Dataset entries
────────
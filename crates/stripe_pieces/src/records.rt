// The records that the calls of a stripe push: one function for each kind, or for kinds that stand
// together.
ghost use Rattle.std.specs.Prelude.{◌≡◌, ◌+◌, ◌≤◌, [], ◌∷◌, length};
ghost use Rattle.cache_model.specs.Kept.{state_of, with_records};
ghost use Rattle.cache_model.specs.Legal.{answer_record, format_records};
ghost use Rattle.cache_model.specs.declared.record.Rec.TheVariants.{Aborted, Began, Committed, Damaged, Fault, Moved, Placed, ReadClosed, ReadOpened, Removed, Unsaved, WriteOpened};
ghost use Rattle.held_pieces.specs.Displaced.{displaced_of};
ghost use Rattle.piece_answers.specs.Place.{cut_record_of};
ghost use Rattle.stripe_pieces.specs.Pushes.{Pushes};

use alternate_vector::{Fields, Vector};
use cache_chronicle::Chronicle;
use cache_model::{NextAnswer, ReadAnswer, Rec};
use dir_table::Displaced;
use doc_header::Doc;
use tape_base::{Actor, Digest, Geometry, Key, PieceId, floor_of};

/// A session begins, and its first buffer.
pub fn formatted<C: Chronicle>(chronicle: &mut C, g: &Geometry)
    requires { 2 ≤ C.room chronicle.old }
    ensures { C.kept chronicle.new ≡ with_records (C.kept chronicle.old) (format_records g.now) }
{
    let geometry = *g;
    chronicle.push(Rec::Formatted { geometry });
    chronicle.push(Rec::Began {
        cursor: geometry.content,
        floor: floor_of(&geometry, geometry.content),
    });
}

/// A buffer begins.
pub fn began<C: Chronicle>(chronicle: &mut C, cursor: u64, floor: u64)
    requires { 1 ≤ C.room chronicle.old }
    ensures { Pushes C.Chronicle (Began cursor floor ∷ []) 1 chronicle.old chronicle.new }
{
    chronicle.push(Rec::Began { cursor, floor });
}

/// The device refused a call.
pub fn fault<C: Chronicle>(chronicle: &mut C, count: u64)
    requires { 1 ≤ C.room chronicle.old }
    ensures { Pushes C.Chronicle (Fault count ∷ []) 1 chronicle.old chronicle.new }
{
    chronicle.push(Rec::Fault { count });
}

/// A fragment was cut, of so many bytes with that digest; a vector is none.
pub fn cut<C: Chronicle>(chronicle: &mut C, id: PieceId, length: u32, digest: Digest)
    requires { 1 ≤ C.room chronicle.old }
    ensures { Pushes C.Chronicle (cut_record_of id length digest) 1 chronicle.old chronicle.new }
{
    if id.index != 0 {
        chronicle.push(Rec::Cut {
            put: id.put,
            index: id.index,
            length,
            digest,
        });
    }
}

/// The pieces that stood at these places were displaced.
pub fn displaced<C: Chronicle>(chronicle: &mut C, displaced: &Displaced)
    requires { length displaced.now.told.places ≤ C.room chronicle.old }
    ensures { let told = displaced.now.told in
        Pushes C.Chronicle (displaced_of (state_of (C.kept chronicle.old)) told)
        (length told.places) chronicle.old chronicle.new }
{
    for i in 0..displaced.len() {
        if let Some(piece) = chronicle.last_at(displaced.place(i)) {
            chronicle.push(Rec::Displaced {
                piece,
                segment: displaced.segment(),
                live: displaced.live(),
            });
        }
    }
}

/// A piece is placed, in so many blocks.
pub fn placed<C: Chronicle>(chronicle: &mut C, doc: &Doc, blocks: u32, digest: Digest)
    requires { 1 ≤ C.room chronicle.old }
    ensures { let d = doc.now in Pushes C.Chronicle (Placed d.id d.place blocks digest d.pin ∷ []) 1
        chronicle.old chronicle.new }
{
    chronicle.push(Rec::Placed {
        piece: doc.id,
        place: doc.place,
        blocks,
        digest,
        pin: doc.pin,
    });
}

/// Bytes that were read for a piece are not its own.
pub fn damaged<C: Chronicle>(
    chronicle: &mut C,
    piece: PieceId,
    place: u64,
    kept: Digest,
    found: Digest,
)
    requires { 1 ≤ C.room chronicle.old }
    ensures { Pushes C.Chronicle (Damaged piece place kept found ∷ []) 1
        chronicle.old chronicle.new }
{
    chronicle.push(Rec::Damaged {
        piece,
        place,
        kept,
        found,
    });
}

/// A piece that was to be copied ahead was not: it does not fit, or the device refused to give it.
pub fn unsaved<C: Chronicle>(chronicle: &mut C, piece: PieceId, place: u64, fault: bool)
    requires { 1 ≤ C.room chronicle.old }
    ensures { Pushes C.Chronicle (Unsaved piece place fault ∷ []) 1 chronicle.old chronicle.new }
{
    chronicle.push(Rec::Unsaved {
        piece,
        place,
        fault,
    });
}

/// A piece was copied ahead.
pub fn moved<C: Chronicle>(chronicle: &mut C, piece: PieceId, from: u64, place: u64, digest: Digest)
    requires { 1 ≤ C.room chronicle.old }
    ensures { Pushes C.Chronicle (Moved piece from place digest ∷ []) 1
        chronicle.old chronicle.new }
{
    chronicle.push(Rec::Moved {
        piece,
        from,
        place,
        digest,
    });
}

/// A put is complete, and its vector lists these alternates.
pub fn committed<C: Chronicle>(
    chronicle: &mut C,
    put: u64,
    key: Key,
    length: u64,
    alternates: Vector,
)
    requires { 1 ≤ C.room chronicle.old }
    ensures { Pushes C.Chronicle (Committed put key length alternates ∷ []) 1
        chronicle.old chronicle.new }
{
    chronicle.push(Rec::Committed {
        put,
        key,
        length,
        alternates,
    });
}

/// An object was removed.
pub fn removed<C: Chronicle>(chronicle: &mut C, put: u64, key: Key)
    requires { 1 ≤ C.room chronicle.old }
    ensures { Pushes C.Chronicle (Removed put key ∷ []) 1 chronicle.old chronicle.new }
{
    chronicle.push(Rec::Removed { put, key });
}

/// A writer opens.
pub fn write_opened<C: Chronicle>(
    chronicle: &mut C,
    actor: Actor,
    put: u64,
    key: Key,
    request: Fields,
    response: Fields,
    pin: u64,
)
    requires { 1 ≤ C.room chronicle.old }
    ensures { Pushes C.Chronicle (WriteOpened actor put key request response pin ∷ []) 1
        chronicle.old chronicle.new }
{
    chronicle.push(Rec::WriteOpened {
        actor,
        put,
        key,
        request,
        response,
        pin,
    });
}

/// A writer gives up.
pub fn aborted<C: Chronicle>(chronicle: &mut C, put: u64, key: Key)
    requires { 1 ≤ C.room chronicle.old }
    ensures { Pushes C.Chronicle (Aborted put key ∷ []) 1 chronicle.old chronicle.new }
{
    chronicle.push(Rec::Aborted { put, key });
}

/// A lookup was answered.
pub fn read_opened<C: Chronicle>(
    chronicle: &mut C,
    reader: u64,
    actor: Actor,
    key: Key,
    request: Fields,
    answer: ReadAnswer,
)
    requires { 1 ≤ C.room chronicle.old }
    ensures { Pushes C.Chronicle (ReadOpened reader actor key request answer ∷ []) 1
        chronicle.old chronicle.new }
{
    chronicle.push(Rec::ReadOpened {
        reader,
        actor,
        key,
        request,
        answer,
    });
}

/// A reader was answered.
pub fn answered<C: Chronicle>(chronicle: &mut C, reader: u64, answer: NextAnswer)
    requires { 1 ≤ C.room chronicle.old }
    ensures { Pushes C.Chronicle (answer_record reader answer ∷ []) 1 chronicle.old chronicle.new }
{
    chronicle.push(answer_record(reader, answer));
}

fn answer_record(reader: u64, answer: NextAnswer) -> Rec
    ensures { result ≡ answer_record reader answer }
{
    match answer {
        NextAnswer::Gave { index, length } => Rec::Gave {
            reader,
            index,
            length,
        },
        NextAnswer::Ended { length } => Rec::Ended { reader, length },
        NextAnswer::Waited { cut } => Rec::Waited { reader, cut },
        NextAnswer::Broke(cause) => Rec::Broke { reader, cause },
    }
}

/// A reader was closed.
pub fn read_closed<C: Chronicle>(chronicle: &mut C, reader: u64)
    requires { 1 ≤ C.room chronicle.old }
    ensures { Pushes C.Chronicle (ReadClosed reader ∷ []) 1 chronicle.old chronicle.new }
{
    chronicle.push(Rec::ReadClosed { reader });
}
────────
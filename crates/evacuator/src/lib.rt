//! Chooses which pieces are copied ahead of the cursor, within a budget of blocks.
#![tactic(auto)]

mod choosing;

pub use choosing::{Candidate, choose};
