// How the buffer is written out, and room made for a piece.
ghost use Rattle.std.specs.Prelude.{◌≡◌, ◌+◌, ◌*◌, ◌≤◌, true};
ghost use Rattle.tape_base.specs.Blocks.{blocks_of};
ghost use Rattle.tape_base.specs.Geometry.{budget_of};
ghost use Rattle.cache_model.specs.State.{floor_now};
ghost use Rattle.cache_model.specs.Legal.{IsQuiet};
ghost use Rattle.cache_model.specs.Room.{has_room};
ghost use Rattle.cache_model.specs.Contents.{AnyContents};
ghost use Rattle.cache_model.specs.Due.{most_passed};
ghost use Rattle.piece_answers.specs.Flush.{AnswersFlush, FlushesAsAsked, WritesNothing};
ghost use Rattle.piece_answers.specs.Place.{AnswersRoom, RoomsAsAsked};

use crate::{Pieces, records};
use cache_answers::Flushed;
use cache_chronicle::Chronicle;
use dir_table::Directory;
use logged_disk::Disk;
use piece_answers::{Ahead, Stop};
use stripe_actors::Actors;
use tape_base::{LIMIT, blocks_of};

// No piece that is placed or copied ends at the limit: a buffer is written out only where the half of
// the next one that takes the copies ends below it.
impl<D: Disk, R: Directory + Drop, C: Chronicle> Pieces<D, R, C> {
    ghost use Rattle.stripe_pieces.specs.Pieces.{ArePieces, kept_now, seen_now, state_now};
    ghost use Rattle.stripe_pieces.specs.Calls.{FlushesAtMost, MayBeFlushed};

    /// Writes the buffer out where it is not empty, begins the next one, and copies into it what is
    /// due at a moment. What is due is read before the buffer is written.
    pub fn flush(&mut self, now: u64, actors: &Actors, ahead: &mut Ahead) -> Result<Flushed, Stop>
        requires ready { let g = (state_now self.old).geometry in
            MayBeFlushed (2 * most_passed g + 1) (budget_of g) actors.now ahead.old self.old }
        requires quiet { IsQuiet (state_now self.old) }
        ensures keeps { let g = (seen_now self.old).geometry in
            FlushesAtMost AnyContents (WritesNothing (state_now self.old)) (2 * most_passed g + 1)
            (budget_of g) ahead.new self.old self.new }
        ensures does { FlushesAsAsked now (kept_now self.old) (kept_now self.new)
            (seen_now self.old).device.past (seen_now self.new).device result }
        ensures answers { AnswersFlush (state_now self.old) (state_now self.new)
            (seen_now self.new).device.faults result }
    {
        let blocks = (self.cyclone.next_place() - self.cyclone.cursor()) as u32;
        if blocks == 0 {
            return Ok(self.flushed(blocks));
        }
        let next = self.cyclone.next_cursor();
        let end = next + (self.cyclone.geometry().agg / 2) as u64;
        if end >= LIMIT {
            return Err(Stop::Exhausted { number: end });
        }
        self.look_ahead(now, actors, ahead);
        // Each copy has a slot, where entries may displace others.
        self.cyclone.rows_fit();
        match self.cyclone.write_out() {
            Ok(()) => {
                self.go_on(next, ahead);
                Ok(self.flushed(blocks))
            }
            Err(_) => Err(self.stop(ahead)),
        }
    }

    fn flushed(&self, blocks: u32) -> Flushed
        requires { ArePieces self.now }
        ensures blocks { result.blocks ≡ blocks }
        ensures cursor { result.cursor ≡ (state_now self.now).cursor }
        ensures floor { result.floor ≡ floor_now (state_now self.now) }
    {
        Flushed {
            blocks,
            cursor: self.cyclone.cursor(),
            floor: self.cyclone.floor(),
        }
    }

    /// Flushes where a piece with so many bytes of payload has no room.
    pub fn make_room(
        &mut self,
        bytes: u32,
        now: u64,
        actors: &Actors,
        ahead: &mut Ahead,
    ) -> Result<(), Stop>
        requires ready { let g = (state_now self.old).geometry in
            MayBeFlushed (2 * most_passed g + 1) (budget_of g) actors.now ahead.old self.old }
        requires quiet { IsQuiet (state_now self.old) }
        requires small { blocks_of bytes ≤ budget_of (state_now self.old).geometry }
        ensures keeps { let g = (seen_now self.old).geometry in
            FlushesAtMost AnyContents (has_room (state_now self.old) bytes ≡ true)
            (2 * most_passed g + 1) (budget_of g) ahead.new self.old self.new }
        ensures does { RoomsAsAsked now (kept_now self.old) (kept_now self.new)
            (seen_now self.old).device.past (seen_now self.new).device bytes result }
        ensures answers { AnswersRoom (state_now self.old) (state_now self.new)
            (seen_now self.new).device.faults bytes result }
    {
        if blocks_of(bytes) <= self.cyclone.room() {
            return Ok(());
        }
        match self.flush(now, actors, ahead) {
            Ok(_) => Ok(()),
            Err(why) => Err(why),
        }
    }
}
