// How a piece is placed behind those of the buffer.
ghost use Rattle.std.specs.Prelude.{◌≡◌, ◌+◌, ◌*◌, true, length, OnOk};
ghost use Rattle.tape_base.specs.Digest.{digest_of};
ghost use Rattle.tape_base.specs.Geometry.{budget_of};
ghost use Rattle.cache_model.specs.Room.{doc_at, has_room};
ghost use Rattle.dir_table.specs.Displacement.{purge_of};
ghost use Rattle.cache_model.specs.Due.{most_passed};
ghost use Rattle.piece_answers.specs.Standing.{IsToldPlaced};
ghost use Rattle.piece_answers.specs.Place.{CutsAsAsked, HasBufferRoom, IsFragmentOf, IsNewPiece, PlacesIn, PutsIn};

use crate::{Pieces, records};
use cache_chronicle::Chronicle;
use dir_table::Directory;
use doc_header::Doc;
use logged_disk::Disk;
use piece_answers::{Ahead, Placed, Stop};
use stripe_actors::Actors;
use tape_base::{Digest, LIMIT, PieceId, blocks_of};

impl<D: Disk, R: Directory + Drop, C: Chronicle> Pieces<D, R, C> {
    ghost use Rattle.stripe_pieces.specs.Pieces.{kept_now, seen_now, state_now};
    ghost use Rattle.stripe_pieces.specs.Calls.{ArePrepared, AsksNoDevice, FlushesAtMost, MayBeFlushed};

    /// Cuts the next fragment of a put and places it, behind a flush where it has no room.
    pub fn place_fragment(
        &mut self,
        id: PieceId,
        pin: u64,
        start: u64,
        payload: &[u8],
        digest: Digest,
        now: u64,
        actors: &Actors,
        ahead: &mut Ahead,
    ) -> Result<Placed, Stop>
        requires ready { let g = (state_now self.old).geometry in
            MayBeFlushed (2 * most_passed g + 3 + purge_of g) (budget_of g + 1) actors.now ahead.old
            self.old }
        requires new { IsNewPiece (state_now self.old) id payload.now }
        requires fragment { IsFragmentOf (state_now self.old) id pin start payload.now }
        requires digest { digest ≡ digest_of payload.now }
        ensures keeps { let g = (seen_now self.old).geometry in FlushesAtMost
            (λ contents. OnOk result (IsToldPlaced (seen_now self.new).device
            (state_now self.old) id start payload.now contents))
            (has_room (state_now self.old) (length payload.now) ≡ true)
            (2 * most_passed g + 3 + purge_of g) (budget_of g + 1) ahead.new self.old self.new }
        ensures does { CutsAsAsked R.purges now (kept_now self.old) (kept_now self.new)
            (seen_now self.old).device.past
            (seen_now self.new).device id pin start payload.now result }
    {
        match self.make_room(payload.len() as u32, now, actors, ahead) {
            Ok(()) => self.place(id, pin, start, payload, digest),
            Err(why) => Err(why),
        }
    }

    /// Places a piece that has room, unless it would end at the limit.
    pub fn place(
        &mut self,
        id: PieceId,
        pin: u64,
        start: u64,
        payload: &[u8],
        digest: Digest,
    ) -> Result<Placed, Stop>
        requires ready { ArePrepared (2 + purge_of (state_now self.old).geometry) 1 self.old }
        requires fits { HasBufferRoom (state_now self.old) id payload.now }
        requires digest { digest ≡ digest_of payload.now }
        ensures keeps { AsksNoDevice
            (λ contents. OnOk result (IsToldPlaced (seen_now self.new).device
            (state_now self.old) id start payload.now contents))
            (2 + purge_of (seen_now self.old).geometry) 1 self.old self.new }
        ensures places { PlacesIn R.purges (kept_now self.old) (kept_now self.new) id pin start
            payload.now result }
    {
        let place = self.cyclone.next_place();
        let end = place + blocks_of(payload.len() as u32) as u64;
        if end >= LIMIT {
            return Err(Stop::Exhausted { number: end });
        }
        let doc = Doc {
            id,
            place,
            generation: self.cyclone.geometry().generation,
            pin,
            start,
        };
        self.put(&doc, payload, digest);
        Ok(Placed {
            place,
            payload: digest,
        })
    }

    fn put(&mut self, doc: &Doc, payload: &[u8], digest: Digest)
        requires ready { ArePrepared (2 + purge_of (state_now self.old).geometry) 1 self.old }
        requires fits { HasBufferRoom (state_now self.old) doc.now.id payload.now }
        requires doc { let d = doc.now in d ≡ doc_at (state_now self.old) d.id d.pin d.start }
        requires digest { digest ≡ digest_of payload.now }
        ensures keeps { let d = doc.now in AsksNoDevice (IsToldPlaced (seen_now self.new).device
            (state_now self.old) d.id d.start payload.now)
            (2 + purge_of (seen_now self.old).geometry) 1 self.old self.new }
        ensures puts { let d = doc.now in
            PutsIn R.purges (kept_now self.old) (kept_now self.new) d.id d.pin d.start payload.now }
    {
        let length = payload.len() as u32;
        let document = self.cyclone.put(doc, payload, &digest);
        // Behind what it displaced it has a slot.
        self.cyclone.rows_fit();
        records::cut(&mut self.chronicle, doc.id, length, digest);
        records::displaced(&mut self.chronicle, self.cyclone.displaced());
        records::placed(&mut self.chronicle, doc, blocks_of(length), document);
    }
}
────────
◆ YOUR ASSIGNMENT ◆
Among the lines of the records, copy out each one that contains the word "WritesNothing".

◆ EXERCISE ANSWER ◆
ghost use Rattle.piece_answers.specs.Flush.{AnswersFlush, FlushesAsAsked, WritesNothing};
            FlushesAtMost AnyContents (WritesNothing (state_now self.old)) (2 * most_passed g + 1)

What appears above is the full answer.